У него совсем не было шероховатостей.
Он был тихим и гладким, как кусок идеально полированного стекла.
Несмотря на свою мягкую странность, голос Фелуриан пробежал у меня по спине, заставляя чувствовать себя как кота, которого только что погладили до кончика хвоста.
Я отступил дальше в «каменное сердце», чувствуя прохладу и обнадеженность вокруг себя.
Хотя большая часть моего внимания была сосредоточена на самоконтроле, маленькая, безумная, лирическая часть моего разума вскочила вперед и заявила: - Никогда не погасишь.
Хотя я облит тобой, я горю.
Движение, когда ты поворачиваешь голову, как песня.
Это как искры.
Это как дыхание, которое волнует меня и любителей пламени огня, который не может не распространяться и реветь твое имя.
Лицо Фелуриан загорелось.
- Поэт!
Я должна была узнать тебя, как поэта, по тому, как двигалось твое тело.
Нежный шелест ее голоса снова поймал меня неподготовленным.
Он не был таким, как если бы ее слова были хриплыми или сухими или жаркими.

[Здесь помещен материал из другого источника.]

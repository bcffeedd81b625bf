//! The calls that put reading and writing together. The bytes of many more maps are in the tables of
//! `tests/rows/`.
use crate::suite::asserted::{equal, holds};
use crate::suite::reading::base;
use smap_canon::round_trips::{flattened, have_equal_bytes, tidied};
use smap_canon::same;
use smap_record::{Limits, ReadError, SourceMap};
use smap_tool::round_trips::read_again;
use std::process::Abort;

/// Two sections that list a source twice, and a name that no mapping uses.
const MAP: &str = concat!(
    r#"{"version":3,"sections":["#,
    r#"{"offset":{"line":0,"column":0},"map":{"version":3,"sources":["a.js"],"mappings":"AAAA"}},"#,
    r#"{"offset":{"line":0,"column":10},"map":{"version":3,"sources":["a.js","b.js"],"#,
    r#""names":["m","n"],"mappings":"AAAAC;CCCC"}}]}"#,
);

const CANONICAL: &str = concat!(
    r#"{"mappings":"AAAA,UAAAA;CCCC","names":["n"],"sources":["http://h/m/a.js","#,
    r#""http://h/m/b.js"],"version":3}"#,
);

const RELATIVE: &str =
    r#"{"mappings":"AAAA,UAAAA;CCCC","names":["n"],"sources":["a.js","b.js"],"version":3}"#;

const FLAT: &str = concat!(
    r#"{"mappings":"AAAA,UCAAC;CCCC","names":["m","n"],"sources":["http://h/m/a.js","#,
    r#""http://h/m/a.js","http://h/m/b.js"],"version":3}"#,
);

/// Another record.
const OTHER: &str = r#"{"version":3,"mappings":""}"#;

/// Asserts that these bytes were made.
fn makes<E: Drop>(rt: &impl Abort, made: Result<Vec<u8>, E>, expected: &str) {
    match made {
        Ok(bytes) => equal(rt, expected, bytes.as_slice(), expected.as_bytes()),
        Err(_) => holds(rt, expected, false),
    }
}

#[test]
fn each_form_is_written_of_a_text(rt: HostRuntime) {
    let (alloc, base, limits) = (rt.alloc(), base(&rt), Limits::usual());
    makes(
        &rt,
        tidied(alloc, MAP.as_bytes(), &base, limits, false),
        CANONICAL,
    );
    makes(
        &rt,
        tidied(alloc, MAP.as_bytes(), &base, limits, true),
        RELATIVE,
    );
    makes(&rt, flattened(alloc, MAP.as_bytes(), &base, limits), FLAT);
}

/// Asserts whether a text has the bytes of the map in both forms.
fn is_equal(rt: &(impl Abort + AllocGlobal), text: &str, expected: bool) {
    let (one, other, base) = (MAP.as_bytes(), text.as_bytes(), base(rt));
    for &relative in &[false, true] {
        let limits = Limits::usual();
        let found = have_equal_bytes(rt.alloc(), one, other, &base, limits, relative);
        equal(rt, (text, relative), found.ok(), Some(expected));
    }
}

#[test]
fn equal_records_have_equal_bytes(rt: HostRuntime) {
    for &(text, expected) in &[(RELATIVE, true), (OTHER, false)] {
        is_equal(&rt, text, expected);
    }
}

/// Asserts that both maps are the same.
fn are_same(rt: &impl Abort, maps: Result<(SourceMap, SourceMap), ReadError>) {
    let (one, other) = maps.expect(rt, "the text is accepted");
    holds(rt, "same", same(&one, &other));
}

#[test]
fn a_map_is_read_again_from_its_canonical_bytes(rt: HostRuntime) {
    let base = base(&rt);
    for &relative in &[false, true] {
        let (alloc, bytes, limits) = (rt.alloc(), MAP.as_bytes(), Limits::usual());
        are_same(&rt, read_again(alloc, bytes, &base, limits, relative));
    }
}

Он не был таким безвкусным и вызывающим, как это.
Но когда она говорила, я не мог не знать, что ее дыхание было выжато из ее груди, мимо мягкой сладости ее горла, а затем сформировано осторожной игрой губ, зубов и языка.
Она подошла ближе, двигаясь на руках и коленях по подушкам.
- Ты выглядишь, как поэт, пламенный и справедливый. - Ее голос был не громче, чем ее дыхание, когда она взяла мое лицо своими руками.
- Поэты мягче.
Они говорят приятные вещи.
Существовал только один человек, которого я когда-либо слышал, чей голос был похож на этот.
Элодин.
В редких случаях его голос заполнял воздух, как будто сам мир слушал.
Голос Фелуриан не резонировал.
Он не заполнил и лесной полянки.
Он был, как затишье перед внезапной летней бурей.
Он был мягкий, как кисточка пера.
Он заставил мое сердце затрепетать в груди.
Говоря таким образом, когда она назвала меня поэтом, она не разъярила меня или не заставила скрежетать зубами.
От нее это звучало, как сладкая вещь, для которой у человека нет названия.
Такова была сила ее голоса.
Фелуриан провела кончиками пальцев по моим губам.
- Поцелуи поэтов лучшие.
Ты целуешь меня, как пламя свечи. - Она поднесла назад одну из своих рук прикоснуться ко рту, ее глаза горели в памяти.
Я взял ее руку и нежно прижал ее.
Мои руки всегда казались изящными, но рядом с ней они казались жесткими и грубыми.
Я дышал на ее ладони, когда я говорил:
- Твои поцелуи, как солнечный свет на моих губах.
Она опустила глаза и крылья бабочек затанцевали.
Я почувствовал, что моя бессмысленная необходимость в ней ослабла и начал понимать.
Это была магия, но не такая, какую я знал.
Это была не симпатия и не сигалдри.
Фелуриан сводила людей с ума от желания точно также, как я давал тепло от своего тела.
Это было естественно для нее, но она могла это контролировать.
Ее взгляд блуждал по клубку из моей одежды и вещей, неряшливо разбросанных в одном из уголков поляны.
Они выглядели странно неуместными среди шелков и мягких тонов.